Posttreatment resistance mutations
The earliest rebound samples (i.e., samples obtained at the time of or soonest after viral rebound) from all women with inadequate virologic response were sequenced (). Phylogenetic analysis revealed that all sequences were HIV-1 subtype C, and all samples from the same individual clustered together. The M184V mutation was more common among sdNVP-unexposed women than sdNVP-exposed women (9 of 12 vs. 6 of 18; P = .03), but the majority of all women had at least 1 NNRTI-associated mutation (13 of 18 sdNVP-exposed women vs. 10 of 12 sdNVP-unexposed women; P = .48).
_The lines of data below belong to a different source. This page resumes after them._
//! The costs that are found, and the nodes that still wait for theirs.

ghost use Rattle.std.specs.List.{Contains, IsDistinct};
ghost use Rattle.std.specs.Option.{IsSome};
ghost use Rattle.std.specs.Prelude.{ℕ, ◌≡◌, ◌↔◌, IfOk, OnOk, false, nat_eq};
ghost use Rattle.indexmap.specs.IndexMap.{get};
ghost use Rattle.cost_table.specs.Found.{AreAwaited, Begins, IsNew, NotesBy, PassesBy, PutsDown, cost_at};
ghost use Rattle.cost_table.specs.Waiting.{waits_among};

use crate::turn::ReachTurn;
use crate::waiting::Waiting;
use crate::want::Want;
use indexmap::IndexMap;
use std::alloc::{AllocError, Global};

/// The costs that are found.
pub(crate) struct Found {
    pub(crate) want: Want,
    /// What it costs to come to each node that was found, in the order in which they were.
    pub(crate) costs: IndexMap<u32, u128>,
    /// The nodes that are asked for and not found; none where all within a cost are.
    pub(crate) waiting: Waiting,
}

impl Drop for Found {
    fn drop(self) {
        let Found {
            want: _,
            costs: _,
            waiting: _,
        } = self;
    }
}

impl Found {
    /// Nothing is found.
    pub(crate) fn new(alloc: Global, want: Want) -> Found
        ensures want { result.want ≡ want }
        ensures none { IsNew result }
    {
        Found {
            want,
            costs: IndexMap::new(alloc),
            waiting: Waiting::new(alloc),
        }
    }

    /// The node that is left is found, and the others that are asked for wait. Tells whether all is
    /// found.
    pub(crate) fn begin(&mut self, source: u32) -> Result<bool, AllocError>
        requires new { IsNew self.old }
        ensures want { self.new.want ≡ self.old.want }
        ensures begins { IfOk result (Begins source self.old self.new) }
    {
        put_down(&mut self.costs, source, 0)?;
        match &self.want {
            Want::Nodes(nodes) => {
                wait_all(nodes.as_slice(), source, &mut self.waiting)?;
                Ok(self.waiting.is_empty())
            }
            Want::Within(_) => Ok(false),
        }
    }

    /// A label that reaches a node at a cost was settled. Tells whether all is found.
    pub(crate) fn note(&mut self, node: u32, cost: u128) -> Result<bool, AllocError>
        ensures want { self.new.want ≡ self.old.want }
        ensures notes { IfOk result (NotesBy self.old.want node cost self.old self.new) }
    {
        match &self.want {
            Want::Nodes(_) => {
                if !self.waiting.take(node) {
                    return Ok(false);
                }
                put_down(&mut self.costs, node, cost)?;
                Ok(self.waiting.is_empty())
            }
            Want::Within(most) => {
                if cost > *most {
                    return Ok(true);
                }
                put_down(&mut self.costs, node, cost)?;
                Ok(false)
            }
        }
    }

    /// What a label at a cost comes to that would be one more than the limit: it spends the limit,
    /// but where it is beyond the cost that is asked for all is found without it.
    pub(crate) fn past(&self, cost: u128) -> ReachTurn
        ensures passes { PassesBy self.now.want cost result }
    {
        match &self.want {
            Want::Nodes(_) => ReachTurn::Budget,
            Want::Within(most) => {
                if *most < cost {
                    ReachTurn::Done
                } else {
                    ReachTurn::Budget
                }
            }
        }
    }

    /// The nodes for which a cost is found, in the order in which they were.
    pub(crate) fn nodes(&self) -> &[u32]
        ensures exact { (node : ℕ) → Contains result.now node ↔ IsSome (cost_at self.now node) }
        ensures distinct { IsDistinct nat_eq result.now }
    {
        self.costs.keys().as_slice()
    }

    /// The cost that is found for a node.
    pub(crate) fn cost_of(&self, node: u32) -> Option<u128>
        ensures value { result ≡ cost_at self.now node }
    {
        self.costs.get(&node).copied()
    }
}

/// Puts a cost down for a node that has none.
fn put_down(costs: &mut IndexMap<u32, u128>, node: u32, cost: u128) -> Result<(), AllocError>
    ensures puts { OnOk result (PutsDown node cost (get nat_eq costs.old) (get nat_eq costs.new)) }
{
    if !costs.contains_key(&node) {
        costs.insert(node, cost)?;
    }
    Ok(())
}

/// All these nodes wait but the one that is left.
fn wait_all(nodes: &[u32], source: u32, waiting: &mut Waiting) -> Result<(), AllocError>
    requires none { (node : ℕ) → waits_among waiting.old node ≡ false }
    ensures waits { OnOk result (AreAwaited nodes.now source (waits_among waiting.new)) }
{
    'nodes: for node in nodes {
        if *node != source {
            waiting.add(*node)?;
        }
    }
    Ok(())
}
Other predictors of virologic response
Viral suppression occurred more rapidly if the pretreatment viral load was <100,000 copies/mL (P < .001), but the proportion of women who achieved and sustained viral suppression by week 24 was the same. There was a nonsignificant association between the presence of the K103N mutation and lower CD4 cell counts and higher viral loads before treatment. The association between pretreatment presence of the K103N mutation and inadequate virologic response remained after adjustment for viral load and CD4 cell count. There continued to be no association between sdNVP exposure and inadequate virologic response after adjustment for pretreatment viral load, CD4 cell count, and K103N mutation presence. Adjustment for any of the variables that were found to differ between the sdNVP-exposed and sdNVP-unexposed groups () also did not affect this association. Failure to complete high school, presence of a child at home with HIV infection, and a lack of alcohol use were associated with inadequate viral response in univariate analyses. Inclusion of these factors in multivariable analysis did not change the association between sdNVP exposure status and treatment response.
Poor adherence to treatment, which was defined as returning >20% of pills for any of the 3 drugs or not returning pills, was assessed during the first 4 weeks after commencement of therapy, and treatment adherence rates did not differ between those with or without a later inadequate viral response (6.7% and 4.3% of these women, respectively, had poor adherence to treatment; P = .58). Poor adherence determined at the time of viral rebound or at the last visit if viral suppression occurred was significantly associated with inadequate viral response (42.1% of such women had poor adherence), compared with sustained viral suppression (20.9% of such women had poor adherence), among women who did not have K103N mutations detected before the commencement of treatment (P = .046). Adjustment for treatment adherence did not affect associations between exposure and virologic response.